*TASK TO COMPLETE*
Filter the material, keeping only lines with the word "left".

LISTED ENTRIES section start

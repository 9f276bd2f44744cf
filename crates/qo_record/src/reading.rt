//! Readers of parts of an entry. Each answers what was read and the bytes after it.

ghost use Rattle.std.specs.Prelude.{◌≡◌, ◌==◌, ◌≤◌, ◌-◌, ◌<◌, option_map, position, IfSome};
ghost use Rattle.std.specs.Option.{option_copied};
ghost use Rattle.qo_record.specs.Reading.{after_front, with_digit, digits_until, number_until, digits_of, word_until};
ghost use Rattle.qo_record.specs.Record.{moment_at, piece_at, piece_of};
ghost use Rattle.qo_record.specs.Spelling.{FitsPiece};

use qo_causes::Moment;

/// The last second of a moment: 2^63 - 1.
const LAST_SECOND: u64 = 9_223_372_036_854_775_807;

/// The most bytes in one piece.
pub(crate) const PIECE_MAX: u64 = 65_536;

/// The bytes after a front.
pub(crate) fn after_front<'a>(front: &[u8], bytes: &'a [u8]) -> Option<&'a [u8]>
    ensures { option_copied result ≡ after_front front.now bytes.now }
{
    bytes.strip_prefix(front)
}

/// Where the first byte that ends a word stands.
fn place_of(stop: u8, bytes: &[u8]) -> Option<usize>
    ensures { result ≡ position (λ byte. byte == stop) bytes.now }
{
    bytes.iter().position(|byte| *byte == stop)
}

/// The bytes before the first one that ends a word, and those after it.
#[tactic(auto, using(crate::proofs::ReadingLemmas::no_place))]
pub(crate) fn word_until(stop: u8, bytes: &[u8]) -> Option<(&[u8], &[u8])>
    ensures { option_map (λ x. (x.0.now, x.1.now)) result ≡ word_until stop bytes.now }
{
    let at = place_of(stop, bytes)?;
    Some((&bytes[..at], &bytes[at + 1..]))
}

/// The number with one more digit, where the byte is one and the number is not above the last.
pub fn with_digit(last: u64, number: u64, byte: u8) -> Option<u64>
    ensures { result ≡ with_digit last number byte }
{
    if !byte.is_ascii_digit() {
        return None;
    }
    let next = number.checked_mul(10)?.checked_add(u64::from(byte - b'0'))?;
    if next <= last { Some(next) } else { None }
}

/// Further digits, up to the byte that ends them.
fn digits_until(stop: u8, last: u64, first: u64, bytes: &[u8]) -> Option<(u64, &[u8])>
    requires { first ≤ last }
    ensures number { option_map (λ x. (x.0, x.1.now)) result ≡ digits_until stop last first bytes.now }
    ensures bound { IfSome result (λ x. x.0 ≤ last) }
{
    let mut number = first;
    let mut left = bytes;
    while let [byte, rest @ ..] = left {
        if *byte == stop {
            return Some((number, rest));
        }
        number = with_digit(last, number, *byte)?;
        left = rest;
    }
    None
}

/// A number up to the last, in digits without a leading zero, and the byte that ends it.
pub(crate) fn number_until(stop: u8, last: u64, bytes: &[u8]) -> Option<(u64, &[u8])>
    ensures number { option_map (λ x. (x.0, x.1.now)) result ≡ number_until stop last bytes.now }
    ensures bound { IfSome result (λ x. x.0 ≤ last) }
{
    let (byte, rest) = bytes.split_first()?;
    if *byte == b'0' {
        return Some((0, after_front(&[stop], rest)?));
    }
    digits_until(stop, last, with_digit(last, 0, *byte)?, rest)
}

/// Six digits.
fn six_digits(bytes: &[u8]) -> Option<(u32, &[u8])>
    ensures { option_map (λ x. (x.0, x.1.now)) result ≡ digits_of 6 0 bytes.now }
{
    let mut number = 0;
    let mut left = bytes;
    for _ in 0..6u8 {
        let (byte, rest) = left.split_first()?;
        number = with_digit(999_999, number, *byte)?;
        left = rest;
    }
    Some((number as u32, left))
}

/// A moment, and the space after it.
pub(crate) fn moment_at(bytes: &[u8]) -> Option<(Moment, &[u8])>
    ensures { option_map (λ x. (x.0, x.1.now)) result ≡ moment_at bytes.now }
{
    let (seconds, rest) = number_until(b'.', LAST_SECOND, bytes)?;
    let (micros, rest) = six_digits(rest)?;
    Some((Moment { seconds, micros }, after_front(b" ", rest)?))
}

/// So many bytes, and the line's end after them.
fn piece_of(len: u64, bytes: &[u8]) -> Option<(&[u8], &[u8])>
    requires { len ≤ 65536 }
    ensures piece { option_map (λ x. (x.0.now, x.1.now)) result ≡ piece_of len bytes.now }
    ensures size { IfSome result (λ x. FitsPiece x.0.now) }
{
    let len = len as usize;
    if len == 0 || bytes.len() < len {
        return None;
    }
    let (piece, rest) = bytes.split_at(len);
    Some((piece, after_front(b"\n", rest)?))
}

/// A number of bytes, and the bytes.
pub(crate) fn piece_at(bytes: &[u8]) -> Option<(&[u8], &[u8])>
    ensures piece { option_map (λ x. (x.0.now, x.1.now)) result ≡ piece_at bytes.now }
    ensures size { IfSome result (λ x. FitsPiece x.0.now) }
{
    let (len, rest) = number_until(b'\n', PIECE_MAX, bytes)?;
    piece_of(len, rest)
}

LISTED ENTRIES section end

*RESPONSE BELOW*
    let mut left = bytes;
    while let [byte, rest @ ..] = left {
        left = rest;
    let mut left = bytes;
        let (byte, rest) = left.split_first()?;
        left = rest;
    Some((number as u32, left))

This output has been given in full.